A mathematical model developed by researchers at the University of Waterloo has found a new way to optimize radiation therapy and significantly increase the number of tumour cells killed during treatment.
As radiation therapy is currently administered, the optimal schedule of treatment and dosage is typically what comes into consideration. With this study, researches found that treatment may be more effective if oncologists also consider information on cell density and irradiate the densest area of the tumour.
“If we have a better understanding of tumour cell density, then we could design treatment in a better way to kill more cells,” said Cameron Meaney, a PhD candidate in Waterloo’s Department of Applied Mathematics.

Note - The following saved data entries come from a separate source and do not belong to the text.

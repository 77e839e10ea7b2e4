//! Laws of accesses and of steps around a seal, from their definitions alone: what code outside the seal sees and
//! changes, what code inside it does to the rest of the chip, and what of that its releases tell.
//!
//! The contract of each function is a law. The functions do nothing.
#![tactic(auto)]

ghost use Rattle.access_laws.specs.Boots.{BootSeesPublic, OpenedTellsAll};
ghost use Rattle.access_laws.specs.Locality.{InsideIsHidden, InsideSeesPublic, OutsideSeesPublic};
ghost use Rattle.access_laws.specs.Replay.{PrivateStepIsReplayed};
ghost use Rattle.access_laws.specs.Steps.{PublicStepKeepsBytes, PublicStepSeesPublic, StepKeepsSeal};

/// What an access by an entry, DMA, the debugger or code outside the seal answers and changes goes by the public part
/// alone: no byte of the seal reaches it.
#[tactic(auto, using(crate::proofs::Outside::outside_sees_public))]
pub fn outside_sees_public()
    ensures { OutsideSeesPublic }
{}

/// What an access by an entry or by code inside the seal to an address outside it answers and changes goes by the
/// public part alone, wherever in the seal the code stands.
#[tactic(auto, using(crate::proofs::Inside::inside_sees_public))]
pub fn inside_sees_public()
    ensures { InsideSeesPublic }
{}

/// An access by an entry or by code inside the seal to an address of the seal changes nothing that is public.
#[tactic(auto, using(crate::proofs::Inside::inside_is_hidden))]
pub fn inside_is_hidden()
    ensures { InsideIsHidden }
{}

/// A step from inside the seal changes of the public part what its released accesses change where they are made again.
#[tactic(auto, using(crate::proofs::Replaying::private_step_is_replayed))]
pub fn private_step_is_replayed()
    ensures { PrivateStepIsReplayed }
{}

/// What a step from outside the seal ends in, which accesses it makes and what it changes go by the public part alone.
#[tactic(auto, using(crate::proofs::Stepping::public_step_sees_public))]
pub fn public_step_sees_public()
    ensures { PublicStepSeesPublic }
{}

/// A step from outside the seal, by code there, an entry, DMA or the debugger, leaves each byte of the seal as it was.
#[tactic(auto, using(crate::proofs::Guarding::public_step_keeps_bytes))]
pub fn public_step_keeps_bytes()
    ensures { PublicStepKeepsBytes }
{}

/// With power on and the boot done no step makes the addresses that stay secret others than those of the seal.
#[tactic(auto, using(crate::proofs::Settling::step_keeps_seal))]
pub fn step_keeps_seal()
    ensures { StepKeepsSeal }
{}

/// What an access of the boot changes goes by the public part alone, and so does its answer where it isn't one of the
/// bytes that stay secret.
pub fn boot_sees_public()
    ensures { BootSeesPublic }
{}

/// Where other addresses stay secret, what was shown and the bytes that are opened tell all that is shown then.
#[tactic(auto, using(crate::proofs::Opening::opened_tells_all))]
pub fn opened_tells_all()
    ensures { OpenedTellsAll }
{}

In developing their mathematical model to optimize radiation therapy in brain tumours, researchers first set a cap on the total dose a patient could receive throughout their treatment. Then, the tumour was divided into multiple portions. The most densely populated area was considered one portion, while the remainder of cells made up other potions.
“It turned out that not necessarily in all cases do you want to distribute the radiation dose evenly between the fractions,” Meaney said. “What our model has shown is that perhaps what’s best is if we take the total radiation dose that we’re allowed to give a patient and administer it over a small area at high strength where the cells are most dense instead of spreading it over a big area with semi-weak strength.”
With the help of this model, oncologists are able to use information taken from cell density profiles to optimize the shape of the radiation beam when administering radiation therapy.
The study, titled “Spatial Optimization for Radiation Therapy of Brain Tumors”, was authored by Meany, Associate Professor Mohammed Kohandel and Professor Marek Stastna from Waterloo's Faculty of Mathematics, and Professor Mehran Kardar from the Massachusetts Institute of Technology. It was published in the journal PLOS One.